* DESCRIPTION OF THE TASK
Report every line in the listing that contains the string "Less".
↓
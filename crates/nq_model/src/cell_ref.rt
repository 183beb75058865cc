// Cells that are lent to be read.
ghost use Rattle.std.specs.Prelude.{◌≡◌, IfOk, Some};
ghost use Rattle.std.proofs.Common.{refl};
ghost use Rattle.std.specs.Cmp.{on_equiv, on_per, on_po, on_total, partial_equiv_from_equiv};
ghost use Rattle.nq_model.specs.Cells.{cell_cmp, cell_eq, column_type_of};
ghost use Rattle.nq_model.specs.CellRefs.{cell_seen, cell_fed};
ghost use Rattle.nq_model.specs.CellLaws.{cell_total, cell_equivalence, cell_partial_order, cells_equal, fed_alike};

use crate::memory::Memory;
use crate::table::{Cell, ColumnType};
use crate::text::Text;
use std::alloc::Global;
use std::cmp::Ordering;
use std::hash::{Hash, Hasher};

/// A cell that is lent to be read. In their order truth values stand first, with false before true,
/// then integers by value, and then texts by bytes.
#[derive(Clone, Copy)]
pub enum CellRef<'a> {
    Int(i64),
    Bool(bool),
    Text(&'a str),
}

impl CellRef<'_> {
    /// The type of the columns in which the cell may stand.
    pub fn column_type(&self) -> ColumnType
        ensures { result ≡ column_type_of (cell_seen self.now) }
    {
        match self {
            CellRef::Int(_) => ColumnType::Int,
            CellRef::Bool(_) => ColumnType::Bool,
            CellRef::Text(_) => ColumnType::Text,
        }
    }

    /// A copy of the cell.
    pub fn copy(&self, alloc: Global) -> Result<Cell, Memory>
        ensures { IfOk result (λ copy. copy ≡ cell_seen self.now) }
    {
        match self {
            CellRef::Int(number) => Ok(Cell::Int(*number)),
            CellRef::Bool(truth) => Ok(Cell::Bool(*truth)),
            CellRef::Text(text) => Ok(Cell::Text(Text::from_str(alloc, text)?)),
        }
    }
}

impl PartialEq for CellRef<'_> {
    ghost eq = { λ left right. cell_eq (cell_seen left) (cell_seen right) };

    ghost laws = { on_per cell_seen (partial_equiv_from_equiv cell_equivalence) };

    fn eq(&self, other: &Self) -> bool {
        match (self, other) {
            (CellRef::Int(left), CellRef::Int(right)) => left == right,
            (CellRef::Bool(left), CellRef::Bool(right)) => left == right,
            (CellRef::Text(left), CellRef::Text(right)) => left == right,
            _ => false,
        }
    }
}

impl Eq for CellRef<'_> {
    ghost laws = { on_equiv cell_seen cell_equivalence };
}

impl PartialOrd for CellRef<'_> {
    ghost partial_cmp = { λ left right. Some (cell_cmp (cell_seen left) (cell_seen right)) };

    ghost laws = { on_po cell_seen cell_partial_order };

    fn partial_cmp(&self, other: &Self) -> Option<Ordering> {
        Some(self.cmp(other))
    }
}

impl Ord for CellRef<'_> {
    ghost cmp = { λ left right. cell_cmp (cell_seen left) (cell_seen right) };

    ghost total = { on_total cell_seen cell_total };

    ghost matches_partial_cmp = { λ left right. refl };

    ghost matches_eq = { λ left right. cells_equal (cell_seen left) (cell_seen right) };

    fn cmp(&self, other: &Self) -> Ordering {
        match (self, other) {
            (CellRef::Bool(left), CellRef::Bool(right)) => left.cmp(right),
            (CellRef::Int(left), CellRef::Int(right)) => left.cmp(right),
            (CellRef::Text(left), CellRef::Text(right)) => left.cmp(right),
            (CellRef::Bool(_), _) => Ordering::Less,
            (_, CellRef::Bool(_)) => Ordering::Greater,
            (CellRef::Int(_), CellRef::Text(_)) => Ordering::Less,
            (CellRef::Text(_), CellRef::Int(_)) => Ordering::Greater,
        }
    }
}

impl Hash for CellRef<'_> {
    ghost hash_input = { λ lent. cell_fed (cell_seen lent) };

    ghost respects_eq = { λ left right. fed_alike (cell_seen left) (cell_seen right) };

    fn hash<H: Hasher>(&self, state: &mut H) {
        match self {
            CellRef::Bool(truth) => {
                state.write_u8(0);
                truth.hash(state);
            }
            CellRef::Int(number) => {
                state.write_u8(1);
                number.hash(state);
            }
            CellRef::Text(text) => {
                state.write_u8(2);
                text.hash(state);
            }
        }
    }
}

impl Cell {
    /// The cell, lent to be read.
    pub fn as_ref(&self) -> CellRef<'_>
        ensures { cell_seen result ≡ self.now }
    {
        match self {
            Cell::Int(number) => CellRef::Int(*number),
            Cell::Bool(truth) => CellRef::Bool(*truth),
            Cell::Text(text) => CellRef::Text(text.as_str()),
        }
    }
}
↑
* WRITTEN RESPONSE
            (CellRef::Bool(_), _) => Ordering::Less,
            (CellRef::Int(_), CellRef::Text(_)) => Ordering::Less,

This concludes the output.